To say that the Doctor should remain male because that’s how it’s been in the past is not much different from saying that all subsequent Doctors should have been old because William Hartnell, the first to play the part, was. As it happened, it was only Hartnell’s forced retirement for ill health that gave the Doctor the power to regenerate; and as it developed, variety became the spice of the series’ life. From incarnation to incarnation, the Doctor is made to be different; chromosomes aside, you could drive a starship between Sylvester McCoy’s Doctor and Jon Pertwee’s, Christopher Eccleston’s and Matt Smith’s.
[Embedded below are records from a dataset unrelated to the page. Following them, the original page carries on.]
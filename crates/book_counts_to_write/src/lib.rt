//! Which counts of quotas and vouchers differ after changes, by what these shift?
#![tactic(auto)]

mod compared;
mod counts;
mod due;
mod exits;
mod recounts;
mod told;
mod walk;

pub use compared::counts_between;
pub use counts::counts_by_shifts;
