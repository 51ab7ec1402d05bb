//! The quotas of which less or more may be used since a book's moment, because something came due.

ghost use Rattle.std.specs.Prelude.{◌≡◌, ◌≤◌, IfOk};
ghost use Rattle.base_tables.specs.Rising.{rising};
ghost use Rattle.model_catalogue.specs.Kept.{quotas_of};
ghost use Rattle.book_counts_to_write.specs.Due.{ids_naming, quotas_sold, hit_by, quotas_hit, due_quotas};
ghost use Rattle.book_counts_to_write.specs.Told.{Adds, AddsEach, told_if};

use base_tables::Ids;
use base_values::Moment;
use book_usage::{Book, Dues};
use model_catalogue::Product;
use model_rows::Voucher;
use std::alloc::{AllocError, Global};

/// The quotas that are reached by what came due of a book since its moment, and before this one: by cart positions, by
/// vouchers, and by cart positions that name one of these vouchers, since it covers them no longer.
pub fn due_quotas<B: Dues>(book: &B, alloc: Global, at: Moment) -> Result<Ids, AllocError>
    requires { (B.state book.now).moment ≤ at }
    ensures { IfOk result (λ ids. ids
        ≡ rising (due_quotas (B.state book.now).moment at (B.state book.now).lists)) }
{
    let vouchers = book.due_vouchers(alloc, at)?;
    let mut carts = book.due_carts(alloc, at)?;
    add_naming_each(book, alloc, &vouchers, &mut carts)?;
    let mut quotas = Vec::new(alloc);
    add_sold_each(book, alloc, &carts, &mut quotas)?;
    add_hit_each(book, alloc, &vouchers, &mut quotas)?;
    Ok(Ids::sorted(quotas))
}

// Adds the cart positions that name one of these vouchers.
fn add_naming_each<B: Book>(
    book: &B,
    alloc: Global,
    vouchers: &[u64],
    ids: &mut Vec<u64>,
) -> Result<(), AllocError>
    ensures { AddsEach result ids.old ids.new (ids_naming (B.state book.now).lists) vouchers.now }
{
    for voucher in vouchers {
        add_naming(book, alloc, *voucher, ids)?;
    }
    Ok(())
}

// Adds those that name one of them.
fn add_naming<B: Book>(
    book: &B,
    alloc: Global,
    voucher: u64,
    ids: &mut Vec<u64>,
) -> Result<(), AllocError>
    ensures { Adds result ids.old ids.new (ids_naming (B.state book.now).lists voucher) }
{
    let more = book.carts_naming(alloc, voucher)?;
    Ok(ids.extend_from_slice(&more)?)
}

// Adds the quotas that have the products of these cart positions.
fn add_sold_each<B: Book>(
    book: &B,
    alloc: Global,
    carts: &[u64],
    quotas: &mut Vec<u64>,
) -> Result<(), AllocError>
    ensures { AddsEach result quotas.old quotas.new
        (quotas_sold (B.state book.now).lists) carts.now }
{
    for id in carts {
        add_sold(book, alloc, *id, quotas)?;
    }
    Ok(())
}

// Adds those of one of them, if it stands.
fn add_sold<B: Book>(
    book: &B,
    alloc: Global,
    id: u64,
    quotas: &mut Vec<u64>,
) -> Result<(), AllocError>
    ensures { Adds result quotas.old quotas.new (quotas_sold (B.state book.now).lists id) }
{
    match book.cart(id) {
        None => Ok(()),
        Some(cart) => add_quotas_of(book, alloc, Some(cart.product), quotas),
    }
}

// Adds the quotas of which these vouchers may block places.
fn add_hit_each<B: Book>(
    book: &B,
    alloc: Global,
    vouchers: &[u64],
    quotas: &mut Vec<u64>,
) -> Result<(), AllocError>
    ensures { AddsEach result quotas.old quotas.new
        (quotas_hit (B.state book.now).lists) vouchers.now }
{
    for id in vouchers {
        add_hit(book, alloc, *id, quotas)?;
    }
    Ok(())
}

// Adds those of one of them, if it stands.
fn add_hit<B: Book>(
    book: &B,
    alloc: Global,
    id: u64,
    quotas: &mut Vec<u64>,
) -> Result<(), AllocError>
    ensures { Adds result quotas.old quotas.new (quotas_hit (B.state book.now).lists id) }
{
    match book.voucher(id) {
        None => Ok(()),
        Some(voucher) => add_hit_by(book, alloc, voucher, quotas),
    }
}

// Adds the quotas of which a voucher may block places: the one that it names, or else those that have its product.
fn add_hit_by<B: Book>(
    book: &B,
    alloc: Global,
    voucher: &Voucher,
    quotas: &mut Vec<u64>,
) -> Result<(), AllocError>
    ensures { Adds result quotas.old quotas.new
        (hit_by (B.state book.now).lists.catalogue voucher.now) }
{
    match voucher.quota {
        Some(id) => Ok(quotas.push(id)?),
        None => {
            let product = voucher.item.map(|item| Product {
                item,
                variation: voucher.variation,
            });
            add_quotas_of(book, alloc, product, quotas)
        }
    }
}

// Adds the quotas that have a product, if there is one.
fn add_quotas_of<B: Book>(
    book: &B,
    alloc: Global,
    product: Option<Product>,
    quotas: &mut Vec<u64>,
) -> Result<(), AllocError>
    ensures { Adds result quotas.old quotas.new
        (told_if (λ p. quotas_of p (B.state book.now).lists.catalogue) product) }
{
    match product {
        None => Ok(()),
        Some(product) => {
            let found = book.catalogue().quotas_of(alloc, product)?;
            quotas.extend_from_slice(&found)?;
            Ok(())
        }
    }
}
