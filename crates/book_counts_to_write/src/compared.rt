//! Which counts differ from one book to another.

ghost use Rattle.std.specs.Prelude.{◌≡◌, [], ◌∷◌, IfOk, flat_map, is_none, if◌then◌else◌};
ghost use Rattle.model_rows.specs.Lists.{voucher_at};
ghost use Rattle.model_rows.specs.CountRows.{counts_after};
ghost use Rattle.book_counts_to_write.specs.Told.{Adds, from_to, quota_told, voucher_told, gone_told};

use crate::exits::exits_that_differ;
use crate::recounts::recount;
use crate::told::{add_unless, fitting, has_count, has_voucher};
use book_usage::Book;
use model_catalogue::Quota;
use model_rows::{CountRows, QuotaCount, Voucher, VoucherCount};
use std::alloc::{AllocError, Global};

/// The counts that are to be written where one book comes after another, whatever lies between them: those of the quotas and
/// vouchers that are new or whose counts differ, which of these differ in how many tickets are out, and the ids of the
/// vouchers that are gone.
/// It is refused where there is no memory, and where a count doesn't fit in 64 bits.
/// Each quota of the later book is counted over all its rows, and each voucher of both is looked up. So it is for changes
/// that no draft has counted, which are made in a second book first.
pub fn counts_between<A: Book, C: Book>(
    alloc: Global,
    before: &A,
    after: &C,
) -> Result<CountRows, AllocError>
    ensures { IfOk result (λ rows. rows ≡ counts_after (A.state before.now) (C.state after.now)) }
{
    let quotas = quotas(alloc, before, after)?;
    let exits = exits_that_differ(before, alloc, quotas.as_slice())?;
    let vouchers = vouchers(alloc, before, after)?;
    let gone = gone(alloc, before, after)?;
    Ok(CountRows::new(quotas, exits, vouchers, gone))
}

// The counts of the quotas that differ.
fn quotas<A: Book, C: Book>(
    alloc: Global,
    before: &A,
    after: &C,
) -> Result<Vec<QuotaCount>, AllocError>
    ensures { IfOk result (λ rows. rows.items
        ≡ flat_map (quota_told (from_to (A.state before.now) (C.state after.now)))
        (C.state after.now).lists.catalogue.quotas) }
{
    let mut rows = Vec::new(alloc);
    for quota in after.catalogue().quotas() {
        add_quota(before, after, quota, &mut rows)?;
    }
    Ok(rows)
}

// Adds the count of a quota, if it differs.
fn add_quota<A: Book, C: Book>(
    before: &A,
    after: &C,
    quota: &Quota,
    rows: &mut Vec<QuotaCount>,
) -> Result<(), AllocError>
    ensures { Adds result rows.old rows.new
        (quota_told (from_to (A.state before.now) (C.state after.now)) quota.now) }
{
    let count = QuotaCount {
        quota: quota.id,
        usage: recount(after, quota, after.moment()),
    };
    add_unless(has_count(before, count), count, rows)
}

// The counts of the vouchers that differ.
fn vouchers<A: Book, C: Book>(
    alloc: Global,
    before: &A,
    after: &C,
) -> Result<Vec<VoucherCount>, AllocError>
    ensures { IfOk result (λ rows. rows.items
        ≡ flat_map (voucher_told (from_to (A.state before.now) (C.state after.now)))
        (C.state after.now).lists.vouchers) }
{
    let mut rows = Vec::new(alloc);
    for voucher in after.vouchers() {
        add_voucher(before, after, voucher, &mut rows)?;
    }
    Ok(rows)
}

// Adds the count of a voucher, if it differs. It is refused where what is spent doesn't fit in 64 bits.
fn add_voucher<A: Book, C: Book>(
    before: &A,
    after: &C,
    voucher: &Voucher,
    rows: &mut Vec<VoucherCount>,
) -> Result<(), AllocError>
    ensures { Adds result rows.old rows.new
        (voucher_told (from_to (A.state before.now) (C.state after.now)) voucher.now) }
{
    let count = VoucherCount {
        voucher: voucher.id,
        redeemed: after.redeemed(voucher.id),
        spent: fitting(after.spent(voucher.id))?,
    };
    add_unless(has_voucher(before, count), count, rows)
}

// The ids of the vouchers that are gone.
fn gone<A: Book, C: Book>(alloc: Global, before: &A, after: &C) -> Result<Vec<u64>, AllocError>
    ensures { IfOk result (λ ids. ids.items
        ≡ flat_map (gone_told (from_to (A.state before.now) (C.state after.now)))
        (A.state before.now).lists.vouchers) }
{
    let mut ids = Vec::new(alloc);
    for voucher in before.vouchers() {
        add_gone(after, voucher.id, &mut ids)?;
    }
    Ok(ids)
}

// Adds the id of a voucher, if it doesn't stand.
fn add_gone<C: Book>(after: &C, id: u64, ids: &mut Vec<u64>) -> Result<(), AllocError>
    ensures { Adds result ids.old ids.new
        (if is_none (voucher_at id (C.state after.now).lists) then id ∷ [] else []) }
{
    if after.voucher(id).is_none() {
        Ok(ids.push(id)?)
    } else {
        Ok(())
    }
}
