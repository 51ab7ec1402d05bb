//! Which counts differ in how many tickets are out.

ghost use Rattle.std.specs.Prelude.{◌≡◌, IfOk};
ghost use Rattle.model_rows.specs.CountRows.{exits_after};

use crate::told::has_exits;
use book_usage::Book;
use model_rows::QuotaCount;
use std::alloc::{AllocError, Global};

/// The counts among these that differ in how many tickets are out from what the book has, or whose quota it hasn't. Each costs a look-up of
/// its quota.
pub fn exits_that_differ<B: Book>(
    book: &B,
    alloc: Global,
    counts: &[QuotaCount],
) -> Result<Vec<QuotaCount>, AllocError>
    ensures { IfOk result (λ rows. rows.items ≡ exits_after (B.state book.now) counts.now) }
{
    counts
        .iter()
        .filter(|count| !has_exits(book, count))
        .copied()
        .collect(alloc)
}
Indeed, “Doctor Who” itself has become something other than, and more than, what it set out to be, a kids show with an educational agenda. In its reborn, 21st-century state, under the stewardship of Russell T Davies, who revived it, and Moffat, it has explored the poetical and farcical resonances of its premises, and if it can sometimes be too serious for its own good, it cannot be faulted for a lack of ambition and vision. This leap across the gender gap would always have come if the series lasted; for the series to last, I think it had to come.

To take them at their published word, some viewers will abandon the show after this season; it’s equally likely that new viewers will sign on for the next. Either way, this is happening; it is the future that has been written, and there is no going back from going forward. Time can make any series stale; “Doctor Who” has lived as long as it has because it takes in fresh blood, not because it cleaves to any calcified notions of what can or can’t be done.

It is common for fans of the show to speak of “my Doctor,” the incarnation against whom they measure all the others. Now, for some fans — for boys as well as girls, surely — my Doctor will wear a female face. The prospect should make you happy.